Assam Chief Minister Sarbananda Sonowal told a group of members of the Bharatiya Janata Party’s youth wing that “no one has data” about how many people would benefit from the Citizenship Amendment Act in the state, The Telegraph reported on Friday.

“To tell you the truth, no one has the data [about the beneficiaries],” Sonowal said at a “youth parliament” organised by the Bharatiya Janata Yuva Morcha in Guwahati on Thursday,

At the meeting, participants asked BJP leaders about the different figures quoted by senior leaders when asked how many would benefit. A participant asked state BJP President Ranjeet Kumar Dass why he and Sonowal had said that the number of refugees who would benefit from the law was “negligible” while state Finance Minister Himanta Biswa Sarma put the number between 3.5 lakh and five lakh. Sarma had reportedly told the state Assembly that he would quit politics if more than five lakh people apply for citizenship under the law.

“He [Sonowal] never said negligible or a few people would apply,” Dass replied. “As far as I know, Sarma also never said that three to five lakh people would come. He said there was a scope for three to five lakh people to apply. I say till the 42 lakh members of the BJP in Assam identify themselves as Assamese or Indians, no foreigner will be able to come to Assam.”

Dass accused those opposing the new citizenship law of spreading misinformation that Sonowal and Sarma had said new people would come to the state because of the Citizenship Amendment Act.

Last week, a media report said Uttar Pradesh had become the first state to start the process of implementing the Citizenship Amendment Act. The Adityanath government had identified 32,000 beneficiaries in 21 districts, it added.

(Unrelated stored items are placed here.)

//! What no line of a case can say: cells that have no size or no default, that own memory, that find none, or that
//! equal a different one; that edits drop what they take out and take no memory; iterators for writing; laws; and a
//! caller whose result no clause says.
#![tactic(auto)]

#[cfg(test)]
mod asserts;
#[cfg(test)]
mod base;
#[cfg(test)]
mod callers;
#[cfg(test)]
mod dropped;
#[cfg(test)]
mod filled;
#[cfg(test)]
mod heaps;
#[cfg(test)]
mod json;
#[cfg(test)]
mod laws;
#[cfg(test)]
mod long;
#[cfg(test)]
mod moved;
#[cfg(test)]
mod run_laws;
#[cfg(test)]
mod spared;
#[cfg(test)]
mod worked;
#[cfg(test)]
mod written;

The citizenship law, approved by Parliament on December 11 and notified by the government on January 10, expedites the citizenship process for refugees from six minority religious communities from Bangladesh, Afghanistan and Pakistan, provided they have lived in India for six years and entered the country by December 31, 2014. The Act has been widely criticised for excluding Muslims.

The government’s critics fear that the amended law along with the National Register of Citizens will be misused to target Muslims since the Citizenship Act now has religion as a criterion. The citizens’ register is a proposed nationwide exercise to identify undocumented immigrants.